The RIB is the identity card of your bank account. On this one, we find a whole bunch of numbers and letters. Bank code, counter code, account number, RIB key, let’s ignore this part. What we are interested in here is the IBAN and the BIC code.

IBAN

The acronym IBAN means “International Bank Account Number”. It acts as an identifier for your bank account. It is generally composed of 27 characters .

All French RIB start with FR and are followed by 2 digits, then the components of the old RIB format:

  • Bank code
  • Branch code,
  • Account number and RIB key.

If you were in Belgium for example, your IBAN would only consist of 16 characters.

You can find the IBAN on your RIB, bank statements and chequebook.

Your IBAN is unique and personal. You can use it to receive transfers , by communicating it to the person who has to pay you money. When you work, you must provide your IBAN to receive your salary. Apply this to all social security benefits, and other transfers you may receive.

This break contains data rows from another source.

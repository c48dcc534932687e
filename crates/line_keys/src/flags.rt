//! Modifier keys.

ghost use Rattle.std.specs.Prelude.{◌≡◌, ◌==◌, ⊤, [], ◌∷◌, codes};
ghost use Rattle.std.specs.Int.RustNames.{bit_and, bit_or, bit_xor};
ghost use Rattle.bitflags.specs.Sets.{without};

use bitflags::{Flag, Flags, parser};
use std::fmt;
use std::ops::{BitOr, BitXor};

/// A set of modifier keys, with a bit for each.
#[derive(Clone, Copy, PartialEq, Eq, Hash)]
pub struct Modifiers(u8);

impl Modifiers {
    pub const CTRL: Modifiers = Modifiers(8);

    pub const ALT: Modifiers = Modifiers(4);

    pub const SHIFT: Modifiers = Modifiers(2);

    pub const NONE: Modifiers = Modifiers(0);

    pub const CTRL_SHIFT: Modifiers = Modifiers(10);

    pub const ALT_SHIFT: Modifiers = Modifiers(6);

    pub const CTRL_ALT: Modifiers = Modifiers(12);

    pub const CTRL_ALT_SHIFT: Modifiers = Modifiers(14);

    const FLAGS: &'static [Flag<Modifiers>] = &[
        Flag {
            name: "CTRL",
            value: Modifiers::CTRL,
        },
        Flag {
            name: "ALT",
            value: Modifiers::ALT,
        },
        Flag {
            name: "SHIFT",
            value: Modifiers::SHIFT,
        },
        Flag {
            name: "NONE",
            value: Modifiers::NONE,
        },
        Flag {
            name: "CTRL_SHIFT",
            value: Modifiers::CTRL_SHIFT,
        },
        Flag {
            name: "ALT_SHIFT",
            value: Modifiers::ALT_SHIFT,
        },
        Flag {
            name: "CTRL_ALT",
            value: Modifiers::CTRL_ALT,
        },
        Flag {
            name: "CTRL_ALT_SHIFT",
            value: Modifiers::CTRL_ALT_SHIFT,
        },
    ];

    /// The set as a number.
    pub const fn bits(&self) -> u8
        ensures { result ≡ self.now.0 }
    {
        self.0
    }

    /// Whether no modifier is held.
    pub const fn is_empty(&self) -> bool
        ensures { result ≡ (self.now.0 == 0) }
    {
        self.0 == 0
    }

    /// Whether all of `other` are held.
    pub const fn contains(&self, other: Modifiers) -> bool
        ensures { result ≡ (bit_and self.now.0 other.0 == other.0) }
    {
        self.0 & other.0 == other.0
    }

    /// Adds all of `other`.
    pub fn insert(&mut self, other: Modifiers)
        ensures { self.new.0 ≡ bit_or self.old.0 other.0 }
    {
        self.0 |= other.0;
    }

    /// Removes all of `other`.
    pub fn remove(&mut self, other: Modifiers)
        ensures { self.new.0 ≡ without 8 self.old.0 other.0 }
    {
        self.0 &= !other.0;
    }
}

impl Flags for Modifiers {
    type Bits = u8;

    ghost exact = { ⊤ };

    ghost table = { (codes "CTRL", 8) ∷ (codes "ALT", 4) ∷ (codes "SHIFT", 2) ∷ (codes "NONE", 0)
        ∷ (codes "CTRL_SHIFT", 10)
        ∷ (codes "ALT_SHIFT", 6) ∷ (codes "CTRL_ALT", 12) ∷ (codes "CTRL_ALT_SHIFT", 14) ∷ [] };

    ghost set_of = { λ m. m.0 };

    fn flags<'a>() -> &'a [Flag<Modifiers>] {
        Modifiers::FLAGS
    }

    fn bits(&self) -> u8 {
        self.0
    }

    fn from_bits_retain(bits: u8) -> Modifiers {
        Modifiers(bits)
    }
}

impl BitOr for Modifiers {
    type Output = Modifiers;

    ghost bitor_gives = { λ a b r. r.0 ≡ bit_or a.0 b.0 };

    fn bitor(self, other: Modifiers) -> Modifiers {
        Modifiers(self.0 | other.0)
    }
}

impl BitXor for Modifiers {
    type Output = Modifiers;

    ghost bitxor_gives = { λ a b r. r.0 ≡ bit_xor a.0 b.0 };

    fn bitxor(self, other: Modifiers) -> Modifiers {
        Modifiers(self.0 ^ other.0)
    }
}

impl fmt::Debug for Modifiers {
    fn fmt<W: fmt::Write>(&self, f: &mut fmt::Formatter<W>) -> fmt::Result {
        f.write_str("Modifiers(")?;
        if self.is_empty() {
            f.write_str("0x0")?;
        } else {
            parser::to_writer(self, f)?;
        }
        f.write_str(")")
    }
}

In the same way, if you want to send money to someone, a friend to whom you owe money for example, you will ask for his IBAN to make a transfer

Since the SEPA standard, the debtor IBAN is sufficient for a direct debit. For example, you can decide to pay your rent by accepting that the agency automatically deducts the amount from your account. If you subscribe to any kind of software, for example , for invoice editing or on Netflix, you will be required to provide your IBAN.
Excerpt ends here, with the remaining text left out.